■ **What to produce**: Figure out the number of lines in the data that hold the string "ConnectRefused". Reply with that figure only.

(Records from a dataset)
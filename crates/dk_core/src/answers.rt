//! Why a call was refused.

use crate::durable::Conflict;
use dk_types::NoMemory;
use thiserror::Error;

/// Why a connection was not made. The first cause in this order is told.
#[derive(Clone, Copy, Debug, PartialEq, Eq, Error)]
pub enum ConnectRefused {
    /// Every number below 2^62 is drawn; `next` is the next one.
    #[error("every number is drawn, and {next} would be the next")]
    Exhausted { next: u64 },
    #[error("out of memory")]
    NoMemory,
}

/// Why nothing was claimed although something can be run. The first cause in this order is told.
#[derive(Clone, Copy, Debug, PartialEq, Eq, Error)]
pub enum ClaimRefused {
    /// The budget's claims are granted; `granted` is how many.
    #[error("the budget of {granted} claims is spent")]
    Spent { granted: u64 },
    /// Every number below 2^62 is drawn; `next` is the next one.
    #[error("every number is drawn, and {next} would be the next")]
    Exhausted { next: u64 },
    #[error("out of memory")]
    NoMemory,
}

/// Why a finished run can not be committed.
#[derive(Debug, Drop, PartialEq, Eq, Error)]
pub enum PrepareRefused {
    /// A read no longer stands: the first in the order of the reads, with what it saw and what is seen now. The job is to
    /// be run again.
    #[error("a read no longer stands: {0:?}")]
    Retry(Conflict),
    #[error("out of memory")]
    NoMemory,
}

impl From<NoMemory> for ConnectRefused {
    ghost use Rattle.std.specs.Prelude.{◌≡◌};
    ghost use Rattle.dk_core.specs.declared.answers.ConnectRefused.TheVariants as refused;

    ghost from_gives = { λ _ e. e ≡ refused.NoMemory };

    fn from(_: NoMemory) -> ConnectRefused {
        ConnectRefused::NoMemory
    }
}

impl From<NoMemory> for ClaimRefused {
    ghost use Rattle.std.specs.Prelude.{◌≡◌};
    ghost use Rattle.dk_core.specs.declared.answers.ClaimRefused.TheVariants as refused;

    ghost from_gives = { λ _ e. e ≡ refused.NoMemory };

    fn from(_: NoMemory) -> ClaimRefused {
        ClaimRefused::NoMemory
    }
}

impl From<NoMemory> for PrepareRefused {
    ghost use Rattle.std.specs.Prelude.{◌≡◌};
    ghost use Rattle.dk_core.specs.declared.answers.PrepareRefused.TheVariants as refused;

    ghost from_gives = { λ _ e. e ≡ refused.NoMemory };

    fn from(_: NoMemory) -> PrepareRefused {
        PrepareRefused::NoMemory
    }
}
* * *
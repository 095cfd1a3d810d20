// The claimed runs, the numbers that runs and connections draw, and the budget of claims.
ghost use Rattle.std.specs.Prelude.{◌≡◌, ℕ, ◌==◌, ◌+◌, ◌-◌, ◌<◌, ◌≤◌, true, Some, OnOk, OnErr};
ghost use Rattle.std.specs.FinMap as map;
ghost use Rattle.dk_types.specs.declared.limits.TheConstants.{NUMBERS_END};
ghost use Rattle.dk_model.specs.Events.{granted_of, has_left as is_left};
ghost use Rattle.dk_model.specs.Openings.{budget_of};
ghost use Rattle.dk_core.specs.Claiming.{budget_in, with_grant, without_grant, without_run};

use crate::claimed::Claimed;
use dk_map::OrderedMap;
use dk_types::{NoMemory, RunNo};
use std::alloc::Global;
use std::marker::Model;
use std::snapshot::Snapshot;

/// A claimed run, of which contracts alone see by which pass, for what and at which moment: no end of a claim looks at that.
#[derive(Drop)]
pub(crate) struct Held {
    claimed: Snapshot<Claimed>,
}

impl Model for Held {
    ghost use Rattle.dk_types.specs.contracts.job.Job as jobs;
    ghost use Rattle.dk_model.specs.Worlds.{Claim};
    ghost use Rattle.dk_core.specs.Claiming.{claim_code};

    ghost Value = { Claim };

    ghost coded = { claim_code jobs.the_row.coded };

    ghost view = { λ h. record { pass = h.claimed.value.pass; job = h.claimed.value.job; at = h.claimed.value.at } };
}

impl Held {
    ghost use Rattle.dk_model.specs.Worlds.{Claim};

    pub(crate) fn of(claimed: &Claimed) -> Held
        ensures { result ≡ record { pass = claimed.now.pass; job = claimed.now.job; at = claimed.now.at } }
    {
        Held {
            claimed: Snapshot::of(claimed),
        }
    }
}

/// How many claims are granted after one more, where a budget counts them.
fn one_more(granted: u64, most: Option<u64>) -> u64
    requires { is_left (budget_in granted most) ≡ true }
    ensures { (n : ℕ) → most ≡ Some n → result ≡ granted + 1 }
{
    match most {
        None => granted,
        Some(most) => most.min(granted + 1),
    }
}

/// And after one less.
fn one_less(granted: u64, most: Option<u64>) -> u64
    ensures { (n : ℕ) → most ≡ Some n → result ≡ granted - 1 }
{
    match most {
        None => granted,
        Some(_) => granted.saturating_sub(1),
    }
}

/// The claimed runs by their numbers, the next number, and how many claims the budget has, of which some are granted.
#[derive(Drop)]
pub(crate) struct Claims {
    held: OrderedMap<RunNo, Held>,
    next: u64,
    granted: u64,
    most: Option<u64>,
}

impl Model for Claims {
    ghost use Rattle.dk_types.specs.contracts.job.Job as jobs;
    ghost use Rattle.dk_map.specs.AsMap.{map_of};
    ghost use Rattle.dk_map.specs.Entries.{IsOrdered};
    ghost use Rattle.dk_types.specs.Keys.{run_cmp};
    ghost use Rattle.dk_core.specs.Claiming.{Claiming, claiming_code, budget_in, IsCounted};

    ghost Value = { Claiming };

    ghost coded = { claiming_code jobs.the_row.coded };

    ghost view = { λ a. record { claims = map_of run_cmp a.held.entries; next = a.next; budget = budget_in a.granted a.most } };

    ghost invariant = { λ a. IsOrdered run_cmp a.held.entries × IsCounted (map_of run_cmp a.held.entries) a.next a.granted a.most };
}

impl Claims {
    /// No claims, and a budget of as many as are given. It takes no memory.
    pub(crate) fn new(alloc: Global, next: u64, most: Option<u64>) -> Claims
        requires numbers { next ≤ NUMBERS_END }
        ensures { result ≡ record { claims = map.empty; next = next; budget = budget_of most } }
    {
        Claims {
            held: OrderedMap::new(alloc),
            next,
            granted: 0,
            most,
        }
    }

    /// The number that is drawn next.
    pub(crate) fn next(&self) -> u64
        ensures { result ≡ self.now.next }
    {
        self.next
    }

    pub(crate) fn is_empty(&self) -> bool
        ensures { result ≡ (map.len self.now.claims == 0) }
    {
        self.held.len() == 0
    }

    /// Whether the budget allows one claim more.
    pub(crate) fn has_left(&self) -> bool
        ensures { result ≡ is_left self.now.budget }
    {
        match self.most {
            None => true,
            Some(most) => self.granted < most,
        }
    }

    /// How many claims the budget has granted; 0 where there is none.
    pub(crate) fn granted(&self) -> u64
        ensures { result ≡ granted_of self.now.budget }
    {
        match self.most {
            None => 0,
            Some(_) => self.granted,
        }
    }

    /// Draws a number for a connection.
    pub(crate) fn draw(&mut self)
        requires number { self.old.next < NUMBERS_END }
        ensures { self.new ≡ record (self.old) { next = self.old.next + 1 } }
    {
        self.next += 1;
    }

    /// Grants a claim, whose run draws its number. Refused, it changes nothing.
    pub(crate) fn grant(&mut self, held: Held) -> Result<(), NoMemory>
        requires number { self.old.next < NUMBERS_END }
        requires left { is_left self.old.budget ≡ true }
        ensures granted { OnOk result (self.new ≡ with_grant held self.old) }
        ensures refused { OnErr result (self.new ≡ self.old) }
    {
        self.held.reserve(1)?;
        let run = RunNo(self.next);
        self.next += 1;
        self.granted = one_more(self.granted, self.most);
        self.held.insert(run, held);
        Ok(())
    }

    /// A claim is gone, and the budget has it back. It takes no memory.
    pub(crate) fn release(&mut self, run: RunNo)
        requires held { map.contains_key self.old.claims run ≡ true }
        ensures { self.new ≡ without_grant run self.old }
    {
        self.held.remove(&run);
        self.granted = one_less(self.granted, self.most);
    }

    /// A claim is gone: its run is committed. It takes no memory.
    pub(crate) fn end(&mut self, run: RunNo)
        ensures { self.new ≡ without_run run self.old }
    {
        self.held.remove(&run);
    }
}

■ **Task solution**: 5